How much the different readers in the group enjoyed the novel turned to a large extent on how they felt about this concept, which along with the relentless year-at-a-time pace, necessarily meant a degree of superficiality in Smiley’s treatment of any particular story line. Most of us felt that she had struck a good balance between getting us interested in her character through judicious details with moments of greater depth and the rapid movement across time necessitated by her chosen form. We were interested enough in her people that we wanted to know what turns their lives took. For one of us this had already meant reading on into the next book, Early Warning, though she said she had begun to tire a bit of the trilogy’s concept, which began to seem too much like a gimmick as, Forrest-Gump-like, her people managed to keep turning up, one way or another, at every landmark event in 20th-century America. I haven’t decided yet if I’ll read more of the series; that’s where my hesitation would come from, that the concept might overwhelm the humanity, but I was pleasantly surprised by how engaged I was with the Langdon clan and their extended family by the end of Some Luck, so that gives me some confidence that Smiley can pull it off.

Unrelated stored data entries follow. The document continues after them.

//! Files that were packed by hand, as the definitions have them: no code runs.
ghost use Rattle.std.specs.Prelude.{◌≡◌, ◌++◌, pos, None, Some, true, false};
ghost use Rattle.fz_block.specs.Facts.{facts_of};
ghost use Rattle.fz_head.specs.PackedPlan.{plan_of_cards};
ghost use Rattle.fz_head.specs.Planned.{is_wide, pack_plan_of};
ghost use Rattle.fz_tile.specs.TileCode.{tile_code};
ghost use Rattle.fz_tile.specs.declared.codec.Codec.TheVariants.{Rice};
ghost use Rattle.fz_files.specs.declared.job.Job.TheVariants.{Pack, Unpack, Cut, Verify, List as ListHdus};
ghost use Rattle.fz_files.specs.BufferFile.{unpack_bound, unpack_takings};
ghost use Rattle.fz_files.specs.Buffers.{job_bound, job_takings};
ghost use Rattle.fz_files.specs.CutEnds.{longer_file, unfinished_file, unfinished_ranges, outside_sieve, outside_fault};
ghost use Rattle.fz_files.specs.CutEnds.{missing_fault, record_file, axis_sieve, record_ranges};
ghost use Rattle.fz_files.specs.CutFile.{table_facts, box_sieve, box_file, box_ranges, reference_cards, moved_cards};
ghost use Rattle.fz_files.specs.CutFile.{second_sieve, kept_cards, step_sieve, step_numbers, ends_sieve, ends_ranges};
ghost use Rattle.fz_files.specs.CutFile.{mixed_cards, third_sieve, unmixed_cards};
ghost use Rattle.fz_files.specs.CutoutBytes.{IsCutout, cutout_cards};
ghost use Rattle.fz_files.specs.Cutout.{AreCutFrom, touched as touched_of};
ghost use Rattle.fz_files.specs.ExtensionFile.{image_cards, row_pixels, image_hdu, extension_file, bare_options, image_plan};
ghost use Rattle.fz_files.specs.ExtensionFile.{image_tiles, image_rows, image_table_cards, packed_extension};
ghost use Rattle.fz_files.specs.FaultFile.{past_file, past_fault, reserved_file, reserved_fault, trailing_file, trailing_fault};
ghost use Rattle.fz_files.specs.FaultPlaces.{twice_file, twice_fault, huge_file, huge_fault, misplaced_file, misplaced_fault};
ghost use Rattle.fz_files.specs.FaultPlaces.{groups_file, groups_fault, sort_file, sort_fault, nine_file, nine_fault, both_file};
ghost use Rattle.fz_files.specs.FirstFault.{IsFirstFault};
ghost use Rattle.fz_files.specs.Lines.{has_wrong_sums, report_lines};
ghost use Rattle.fz_files.specs.LinesFile.{lines_file, verify_lines, list_lines, lines_past, lines_fault, first_line};
ghost use Rattle.fz_files.specs.LongFile.{line_cards, line_pixels, line_hdu, line_file, long_options, long_plan, long_tiles};
ghost use Rattle.fz_files.specs.LongFile.{long_rows, long_cards, long_file};
ghost use Rattle.fz_files.specs.OtherFile.{image_file, other_cards, other_file, other_plan};
ghost use Rattle.fz_files.specs.Packed.{IsPackedFile, array_of, heap_of, rows_from, sum_before, table_header, tile_codes, with_sums};
ghost use Rattle.fz_files.specs.PlainFile.{grid_cards, grid_hdu, grid_file, plain_options, plain_plan, plain_tiles, plain_rows};
ghost use Rattle.fz_files.specs.PlainFile.{plain_heap, plain_data, plain_cards, plain_file};
ghost use Rattle.fz_files.specs.PlanFacts.{parameter_cards, parameter_plan, wide_axis, narrow_axis, near_pixels, near_code, far_pixels, far_code};
ghost use Rattle.fz_files.specs.PlioFile.{mask_cards, mask_hdu, mask_file, plio_options, plio_plan, plio_tiles, plio_rows};
ghost use Rattle.fz_files.specs.PlioFile.{plio_heap, plio_cards, plio_file};
ghost use Rattle.fz_files.specs.StandsFor.{StandsFor};
ghost use Rattle.fz_files.specs.SumFile.{sum_options, sum_file_cards, blank_sum, sum_file};
ghost use Rattle.fz_files.specs.Touched.{touched_by};
ghost use Rattle.fz_files.specs.TouchedFile.{unpack_ranges, verify_ranges, list_ranges, pack_ranges, rejected_ranges};
ghost use Rattle.fz_files.specs.WideFile.{wide_file, narrow_file, wide_ranges};
ghost use Rattle.fz_files.specs.RiceFile.{small_cards, small_hdu, small_file, rice_options, rice_plan, rice_tiles, rice_rows};
ghost use Rattle.fz_files.specs.RiceFile.{rice_heap, rice_cards, rice_file};

/// The packed file of an image of 4 by 2 pixels with Rice codes: its plan, what is written for each tile, its
/// rows, its heap, the cards of its table, and all its bytes are those that `specs/RiceFile.antt` writes out.
pub fn rice_file_law()
    ensures plan { pack_plan_of rice_options (facts_of 0 0 small_hdu.header) ≡ rice_plan }
    ensures tiles { tile_codes rice_plan (array_of rice_plan small_hdu.payload) ≡ rice_tiles }
    ensures rows { rows_from rice_plan 0 rice_tiles ≡ rice_rows }
    ensures heap { heap_of rice_tiles ≡ rice_heap }
    ensures cards { table_header rice_plan small_cards rice_tiles ≡ rice_cards }
    ensures file { IsPackedFile rice_options small_file rice_file }
{}

/// The same of an image of 5 by 3 pixels without a codec, whose tiles of 2 by 2 pixels are cut short at the upper
/// ends of the axes: as `specs/PlainFile.antt` writes it out. It stands for the file of the image.
pub fn plain_file_law()
    ensures plan { pack_plan_of plain_options (facts_of 0 0 grid_hdu.header) ≡ plain_plan }
    ensures tiles { tile_codes plain_plan (array_of plain_plan grid_hdu.payload) ≡ plain_tiles }
    ensures rows { rows_from plain_plan 0 plain_tiles ≡ plain_rows }
    ensures heap { heap_of plain_tiles ≡ plain_heap }
    ensures cards { table_header plain_plan grid_cards plain_tiles ≡ plain_cards }
    ensures file { IsPackedFile plain_options grid_file plain_file }
    ensures restored { StandsFor plain_file grid_file }
{}

/// The file of [`plain_file_law`] with sums: DATASUM and CHECKSUM are after the cards of the image, as
/// `specs/SumFile.antt` writes them out.
pub fn sum_file_law()
    ensures before { sum_before plain_cards plain_data ≡ blank_sum }
    ensures cards { with_sums true plain_cards plain_data ≡ sum_file_cards }
    ensures file { IsPackedFile sum_options grid_file sum_file }
{}

/// The packed file of an image of 2 pixels of 64 bits, for which Rice codes are asked: its tile is stored, as
/// `specs/LongFile.antt` writes it out.
pub fn long_file_law()
    ensures plan { pack_plan_of long_options (facts_of 0 0 line_hdu.header) ≡ long_plan }
    ensures tiles { tile_codes long_plan (array_of long_plan line_hdu.payload) ≡ long_tiles }
    ensures rows { rows_from long_plan 0 long_tiles ≡ long_rows }
    ensures heap { heap_of long_tiles ≡ line_pixels }
    ensures cards { table_header long_plan line_cards long_tiles ≡ long_cards }
    ensures file { IsPackedFile long_options line_file long_file }
{}

/// The packed file of a primary without data and an image of 4 by 2 pixels of 16 bits in an extension, without a
/// codec: the primary stays as it is, and no other is before the table, as `specs/ExtensionFile.antt` writes
/// it out.
pub fn extension_file_law()
    ensures plan { pack_plan_of bare_options (facts_of 1 0 image_hdu.header) ≡ image_plan }
    ensures tiles { tile_codes image_plan (array_of image_plan image_hdu.payload) ≡ image_tiles }
    ensures rows { rows_from image_plan 0 image_tiles ≡ image_rows }
    ensures heap { heap_of image_tiles ≡ row_pixels ++ row_pixels }
    ensures cards { table_header image_plan image_cards image_tiles ≡ image_table_cards }
    ensures file { IsPackedFile bare_options extension_file packed_extension }
{}

/// The first fault of the file of [`rice_file_law`] with ten bytes after it, and of the same with a card whose name
/// is reserved: `pack` refuses the card, which is of HDU 0, before the bytes, from which HDU 1 would begin; `unpack`
/// does not look for reserved names. Of two rows of a packed file that describe bytes after the heap the lower is
/// refused.
pub fn fault_file_law()
    ensures own { IsFirstFault (Pack rice_options) reserved_file reserved_fault }
    ensures every { IsFirstFault (Pack rice_options) trailing_file trailing_fault }
    ensures unpack { IsFirstFault Unpack reserved_file trailing_fault }
    ensures row { IsFirstFault Unpack past_file past_fault }
{}

/// Parts of the image that the packed file of [`plain_file_law`] holds: the cutout of a box, whose reference pixels
/// are moved by its corner, but not along an axis with a step; the pixels of a box with steps; and the ranges of the
/// file that a cut reads for the box, and for a box with steps that leave a tile out; and the cards of a cutout of a
/// table with cards of many kinds, as `specs/CutFile.antt` writes them out.
pub fn cut_file_law()
    ensures file { IsCutout None box_sieve plain_file box_file }
    ensures moved { cutout_cards box_sieve reference_cards ≡ moved_cards }
    ensures kept { cutout_cards second_sieve reference_cards ≡ kept_cards }
    ensures steps { AreCutFrom plain_file table_facts step_sieve step_numbers }
    ensures touched { touched_of None box_sieve plain_file ≡ box_ranges }
    ensures gaps { touched_of None ends_sieve plain_file ≡ ends_ranges }
    ensures cards { cutout_cards third_sieve mixed_cards ≡ unmixed_cards }
{}

/// A file of another packer, as `specs/OtherFile.antt` writes it out: its plan, and the file that it stands for. Its
/// table has one column and says neither the length of the tile, which is then the whole axis, nor BYTEPIX, which is
/// then 4, so that the code is one of 32 bits of pixels of 16. Its first HDU is a primary without data, which stands
/// for nothing, though its cards are not those that `pack` writes. The sums and the name of the table do not come back.
pub fn other_file_law()
    ensures plan { plan_of_cards other_cards ≡ other_plan }
    ensures restored { StandsFor other_file image_file }
{}

/// The lines that `verify` and `list` print of a file with checksums, as `specs/LinesFile.antt` writes them out: of the
/// checksums of its table one is right and one is wrong, and an empty text is no checksum. Of the same file with a
/// faulty row `verify` prints the lines of the HDUs before it. No checksum of the file of [`sum_file_law`] is wrong.
pub fn lines_file_law()
    ensures verify { report_lines Verify lines_file None ≡ verify_lines }
    ensures list { report_lines ListHdus lines_file None ≡ list_lines }
    ensures wrong { has_wrong_sums lines_file ≡ true }
    ensures right { has_wrong_sums sum_file ≡ false }
    ensures past { IsFirstFault Verify lines_past lines_fault }
    ensures front { report_lines Verify lines_past lines_fault ≡ first_line }
{}

/// The buffers that `unpack` with one worker takes for the packed file of [`plain_file_law`], and their bound, as
/// `specs/BufferFile.antt` writes them out as numbers.
pub fn buffer_file_law()
    ensures bound { job_bound Unpack plain_file 1 ≡ unpack_bound }
    ensures takings { job_takings Unpack plain_file 1 ≡ unpack_takings }
{}

/// Where a cut ends, as `specs/CutEnds.antt` writes it out: it reads nothing after the HDU that it cuts from; it ends at
/// an HDU that is refused; a box outside the image is refused, and so is a file without a packed image; and of a record
/// that is too long it reads as much as a tile can need.
pub fn cut_ends_law()
    ensures stops { touched_of None box_sieve longer_file ≡ box_ranges }
    ensures refused { touched_of (Some 2) box_sieve unfinished_file ≡ unfinished_ranges }
    ensures outside { IsFirstFault (Cut None outside_sieve) plain_file outside_fault }
    ensures missing { IsFirstFault (Cut None box_sieve) grid_file missing_fault }
    ensures long_record { touched_of None axis_sieve record_file ≡ record_ranges }
{}

/// What jobs may read of the packed file of [`plain_file_law`] and of the file that was packed, and of a file that is
/// rejected for the bytes after its image, as `specs/TouchedFile.antt` writes it out as numbers: `unpack` the headers,
/// and of each row both descriptors and the record; `verify` also the data of each HDU; `list` only the headers; `pack`
/// the padding after an image, and the headers; and all data, but only if no header is rejected.
pub fn touched_file_law()
    ensures unpack { touched_by Unpack plain_file ≡ unpack_ranges }
    ensures verify { touched_by Verify plain_file ≡ verify_ranges }
    ensures list { touched_by ListHdus plain_file ≡ list_ranges }
    ensures pack { touched_by (Pack plain_options) grid_file ≡ pack_ranges }
    ensures rejected { touched_by (Pack rice_options) trailing_file ≡ rejected_ranges }
{}

/// First faults and their places, as `specs/FaultPlaces.antt` writes them out: a reserved name is looked for before a
/// card that occurs twice; data past the limit are refused before the file is found to be too short; a packed primary
/// has its place after a primary without axes; ZGCOUNT is 1 and ZTENSION is IMAGE; a row describes bytes of the heap;
/// and one that describes a code and pixels is read by the code.
pub fn fault_places_law()
    ensures reserved { IsFirstFault (Pack rice_options) twice_file twice_fault }
    ensures limit { IsFirstFault Unpack huge_file huge_fault }
    ensures misplaced { IsFirstFault Unpack misplaced_file misplaced_fault }
    ensures groups { IsFirstFault Unpack groups_file groups_fault }
    ensures sort { IsFirstFault Unpack sort_file sort_fault }
    ensures range { IsFirstFault Unpack nine_file nine_fault }
    ensures taken { IsFirstFault Unpack both_file None }
{}

/// Plans and tiles, as `specs/PlanFacts.antt` writes them out: of two parameters of one name that with the least number
/// counts; descriptors have 64 bits from 2^31 bytes of pixels on; and a tile is stored if its code is not shorter.
pub fn plan_facts_law()
    ensures parameters { plan_of_cards parameter_cards ≡ parameter_plan }
    ensures wide { is_wide (pos 64) wide_axis ≡ true }
    ensures narrow { is_wide (pos 64) narrow_axis ≡ false }
    ensures coded { tile_code (Rice 32 2) 16 near_pixels ≡ near_code }
    ensures stored { tile_code (Rice 32 2) 16 far_pixels ≡ far_code }
{}

/// The packed file of an image of 32 pixels with a line list, as `specs/PlioFile.antt` writes it out.
pub fn plio_file_law()
    ensures plan { pack_plan_of plio_options (facts_of 0 0 mask_hdu.header) ≡ plio_plan }
    ensures tiles { tile_codes plio_plan (array_of plio_plan mask_hdu.payload) ≡ plio_tiles }
    ensures rows { rows_from plio_plan 0 plio_tiles ≡ plio_rows }
    ensures heap { heap_of plio_tiles ≡ plio_heap }
    ensures cards { table_header plio_plan mask_cards plio_tiles ≡ plio_cards }
    ensures file { IsPackedFile plio_options mask_file plio_file }
{}

/// A file of another packer with descriptors of 64 bits, as `specs/WideFile.antt` writes it out: the file that it
/// stands for, and what a cut of it reads.
pub fn wide_file_law()
    ensures restored { StandsFor wide_file narrow_file }
    ensures touched { touched_of None axis_sieve wide_file ≡ wide_ranges }
{}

some-luck-1I think it is in part because the election was on all of our minds that our discussion turned quite a bit on what kind of story Smiley had chosen to tell about America. One conspicuous feature of Some Luck, for instance, is that it’s very much a story of white rural America: if Smiley intends the trilogy to be something of a national biography or a broader chronicle of the country, that seemed to us like a strategic error, one that replicates a certain vision of America’s “heartland” as the “real” America. That said, as some people argued last night, Smiley’s focus on an Iowa farming family and how it is affected by social changes that often seem to come upon them from elsewhere is itself certainly a very American story, even if it is not the story of America as a whole, and there’s not in principle anything wrong with her choice of a starting point. One reason I’d like to read on is that I’m curious about whether Smiley finds a way to complicate her origin story — to highlight its partiality as a story about America. Clearly, even in Some Luck, she is taking us well beyond Iowa as the family members spiral outwards into places and lives very different from those of our first couple, Walter and Rosanna.

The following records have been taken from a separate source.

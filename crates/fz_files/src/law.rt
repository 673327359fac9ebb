//! The laws of the definitions: no code runs.
ghost use Rattle.fz_files.specs.Buffers.{AreBounded};
ghost use Rattle.fz_files.specs.Laws.{BoundRises, CutsOutOneFile, DrillIsBounded, HasOneFirstFault, HdusArePacked};
ghost use Rattle.fz_files.specs.Laws.{ListRefusesHeaders, PicksCutOneFile, PrimariesStandFirst, ReachedAreFound};
ghost use Rattle.fz_files.specs.Laws.{ReachedLieWithin, StandsForOneFile, TablesAreHdus, TablesAreAccepted, TablesAreRefused};
ghost use Rattle.fz_files.specs.Laws.{TablesPass, TablesStandForImages, TablesWerePrimary, VerifyRefusesAsUnpack};

use fz_block::{cards_law, found_law, hdu_at_law, walk_law};
use fz_checks::{image_to_pack_law, packed_image_law, plan_to_pack_law, primary_law};
use fz_grid::{picked_tiles_law, shape_law, tile_pixels_law, tiles_law};
use fz_head::{accepted_law, sum_cards_law, there_and_back_law, whole_cards_law};
use fz_sum::sum_law;
use fz_table::descriptor_law;
use fz_tile::{column_law, one_fault_law, one_record_law, plain_law, slice_law, tile_code_law};

/// No taking of a job on a file passes its bound, for every file and every number of workers: the bound is that of
/// the longest header and the largest tile that the job meets. The bound rises with these and with the workers; and no
/// taking of `drill` passes its bound, if the bounds of the jobs that it runs do not.
pub fn buffers_law()
    ensures bounded { AreBounded }
    ensures monotone { BoundRises }
    ensures drill { DrillIsBounded }
{}

/// A file has at most one first fault for a job: it has none, or it has this one.
pub fn one_first_fault_law()
    ensures { HasOneFirstFault }
{
    one_fault_law();
    packed_image_law();
    walk_law();
}

/// The first fault of a file for `verify` is that for `unpack`, and for `list` it is that of the headers for `unpack`.
pub fn same_faults_law()
    ensures verify { VerifyRefusesAsUnpack }
    ensures list { ListRefusesHeaders }
{}

/// The HDUs that the checks of a job come to are those whose headers it looks at, if none is refused; and what is
/// read of their headers lies within the file.
pub fn reached_law()
    ensures found { ReachedAreFound }
    ensures within { ReachedLieWithin }
{
    hdu_at_law();
}

/// A packed file stands for at most one file.
pub fn one_file_law()
    ensures { StandsForOneFile }
{
    one_record_law();
    packed_image_law();
    tiles_law();
    walk_law();
}

/// At most one file is cut from a packed file by a sieve of the image.
pub fn one_cutout_law()
    ensures { CutsOutOneFile }
{
    one_record_law();
    packed_image_law();
    picked_tiles_law();
    walk_law();
}

/// The same of every sieve that a cut may be asked for, with no premise on the file.
pub fn one_picked_file_law()
    ensures { PicksCutOneFile }
{
    one_record_law();
    packed_image_law();
    picked_tiles_law();
    walk_law();
}

/// The table of an image that `pack` takes, after the first HDU of whatever file: no check of `unpack` refuses it, it
/// stands for the image, it was a primary if the image is one, and `pack` refuses it at its card ZIMAGE.
pub fn table_law()
    ensures passes { TablesPass }
    ensures accepted { TablesAreAccepted }
    ensures stands { TablesStandForImages }
    ensures primary { TablesWerePrimary }
    ensures refused { TablesAreRefused }
{
    accepted_law();
    cards_law();
    column_law();
    descriptor_law();
    found_law();
    image_to_pack_law();
    plain_law();
    shape_law();
    slice_law();
    sum_cards_law();
    sum_law();
    there_and_back_law();
    tile_code_law();
    tile_pixels_law();
    tiles_law();
    whole_cards_law();
}

/// What an HDU becomes in a packed file, by the facts at its own place: the table of an image that can be packed,
/// which is one HDU, after the empty primary if the image is the primary; or its own bytes.
pub fn packed_hdu_law()
    ensures packed { HdusArePacked }
    ensures before { PrimariesStandFirst }
    ensures table { TablesAreHdus }
{
    plan_to_pack_law();
    primary_law();
}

Another possibility that came up is that the specific story she’s telling might illuminate the causes of what is now such a prominent divide in American life and politics as the Langdons disperse and bring new differences with them when they return home (as has already happened to some extent), but also as the Langdons still rooted to the land find their way of life harder to sustain. We talked about the way that technology has already transformed life on the farm: Smiley is good about not idealizing the ‘old’ ways even as she shows how unsettling it is to adapt to new ones. We all had found the shift from horses to tractors, for example, particularly effective in confronting us with the inexorability of change and the possibility it brings of both pathos and liberation.

One particular challenge for me with Some Luck is that the stories Smiley focused on the most were not the ones I wanted most to read a novel about. I would love, I expect, the whole book that took Eloise — writer, agitator, city dweller — as its protagonist, but though she’s a recurrent presence in Some Luck she’s peripheral, never well understood by the rest of her family, impossible to completely integrate into their way of being in the world. Smiley spends a lot more time on Frank, whom I felt, in my turn, I did not understand very well. I think the next generations will become increasingly congenial to me, but that in a way is a testament to the value of Smiley’s chosen focus: for me, there is something quite foreign about the Langdons’ America so far, so by taking such a prototypical American story as her beginning she has reminded me that my own norms are partial too.